Si l'on tient compte des « erreurs » - appelées «indus» en jargon Sécu -, les sommes qui échappent aux organismes sociaux sont bien plus élevées. Les Caf, par exemple, détectent 2 milliards d'euros d'indus par an. Tous les responsables jurent la main sur le cœur récupérer la quasi-totalité de ces sommes. Les députés de la Mecss sont sceptiques.
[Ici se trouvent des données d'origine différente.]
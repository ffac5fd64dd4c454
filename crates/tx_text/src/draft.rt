// A text in the making.
ghost use Rattle.std.specs.Prelude.{◌≡◌, [], ◌∷◌, ◌++◌, IfOk, OnOk};
ghost use Rattle.std.specs.Str.{chars};

use crate::{NoMemory, PyText};
use std::alloc::Global;
use std::marker::Model;

/// A text that is not whole yet. It stands in a string, and moves into the value at the end where it is short.
#[derive(Debug, Drop)]
pub(crate) struct Draft {
    text: String,
}

impl Model for Draft {
    ghost use Rattle.std.specs.Prelude.{List, ℕ, string_bytes};
    ghost use Rattle.std.specs.Str.{chars};

    ghost Value = { List ℕ };

    ghost view = { λ d. chars (string_bytes d.text) };
}

impl Draft {
    /// Nothing yet, with room for so many bytes, for one who then adds at most that much.
    pub(crate) fn with_room(alloc: Global, bytes: usize) -> Result<Draft, NoMemory>
        ensures { IfOk result (λ d. d ≡ []) }
    {
        let text = String::with_capacity(alloc, bytes)?;
        Ok(Draft { text })
    }

    /// Adds a character at the end.
    pub(crate) fn push(&mut self, item: char) -> Result<(), NoMemory>
        ensures { OnOk result (self.new ≡ self.old ++ item ∷ []) }
    {
        self.text.push(item)?;
        Ok(())
    }

    /// Adds the characters of a text at the end.
    pub(crate) fn push_str(&mut self, more: &str) -> Result<(), NoMemory>
        ensures { OnOk result (self.new ≡ self.old ++ chars more.now) }
    {
        self.text.push_str(more)?;
        Ok(())
    }

    /// The whole text.
    pub(crate) fn done(self) -> PyText
        ensures { result ≡ self }
    {
        PyText::of_string(self.text)
    }
}
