// The sum of items.
ghost use Rattle.std.specs.Prelude.{◌≡◌, Ok, Err, IfOk};
ghost use Rattle.tx_base.specs.declared.class.Class.{Class};
ghost use Rattle.tx_methods.specs.Builtins.{sum_of_items};

use crate::arguments::a_number;
use tx_base::Class;
use tx_num::add;
use tx_values::{OpError, Value};

/// The sum of numbers, added to 0 in order, as Python's `sum`: a sum on the way that has more than 128 bits is OverflowError,
/// an item that is no number TypeError.
#[tactic(auto, using(crate::proofs::SumLemmas::sum_rules))]
pub(crate) fn sum_of_items(items: &[Value]) -> Result<Value, OpError>
    ensures value { IfOk result (λ v. sum_of_items items.now ≡ Ok v) }
    ensures raise { (c : Class) → result ≡ Err (OpError.Raise c) → sum_of_items items.now ≡ Err c }
{
    let mut total: i128 = 0;
    for item in items {
        match add(total, a_number(item)?) {
            Some(sum) => total = sum,
            None => return Err(OpError::Raise(Class::OverflowError)),
        }
    }
    Ok(Value::Int(total))
}
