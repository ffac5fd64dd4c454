//! Lists, bytes and texts that keep their allocator, and the one name for want of memory.
#![tactic(auto)]

mod build;
mod case;
mod draft;
mod limit;
mod memory;
mod points;
mod search;
mod sequence;
mod split;
mod store;
mod strip;
mod text;

pub use build::{replacing_is_joining, zeros_stand_behind_the_sign};
pub use limit::Long;
pub use memory::NoMemory;
pub use points::first_char;
pub use search::{counts_are_of_pieces, places_are_least_and_greatest};
pub use sequence::{Bytes, Numbers, Sequence, Texts};
pub use split::{pieces_are_the_text, pieces_end_at_first_places, words_stand_between_blanks};
pub use strip::{Side, is_blank, stripped_ends_are_clean};
pub use text::{PyText, Utf8Fault, examples_hold};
Jean-Pierre Door, élu UMP du Loiret et médecin, a fait ses calculs: «Sans les 5milliards de fraude et les 10milliards d'actes médicaux inutiles, l'assurance-maladie serait à l'équilibre.»
Les parlementaires veulent passer à la vitesse supérieure. Ils demandent que la Cnaf cesse de prévenir les allocataires des visites des contrôleurs. Ce qui est déjà le cas lors d'un fort soupçon de fraude, selon Daniel Buchet. Surtout, les élus UMP demandent l'instauration d'une «carte sociale » sur laquelle figureraient tous les subsides dont bénéficie le titulaire. «De l'aide municipale à l'aide de l'Etat», précise le rapporteur Dominique Tian, qui souligne que la Belgique est déjà dotée d'un système équivalent. Xavier Bertrand devrait leur donner satisfaction avec la mise en service annoncée du Répertoire national commun de la protection sociale d'ici à la fin de l'année. Et si l'arme anti-fraude la plus efficace était la peur du gendarme? Depuis quelques semaines, une affichette orne les halls d'entrée des Caisses d'allocations familiales. Y figure noir sur blanc un jugement du tribunal de Melun : sept fraudeurs aux allocations logement écopent de peines de prison allant de six mois avec sursis à deux mois ferme. C'est la deuxième fois dans l'histoire de la Cnaf qu'une telle publicité est exigée par les tribunaux.
* Sondage Ifop réalisé du 7 au 15 février 2011 auprès de 1013 personnes.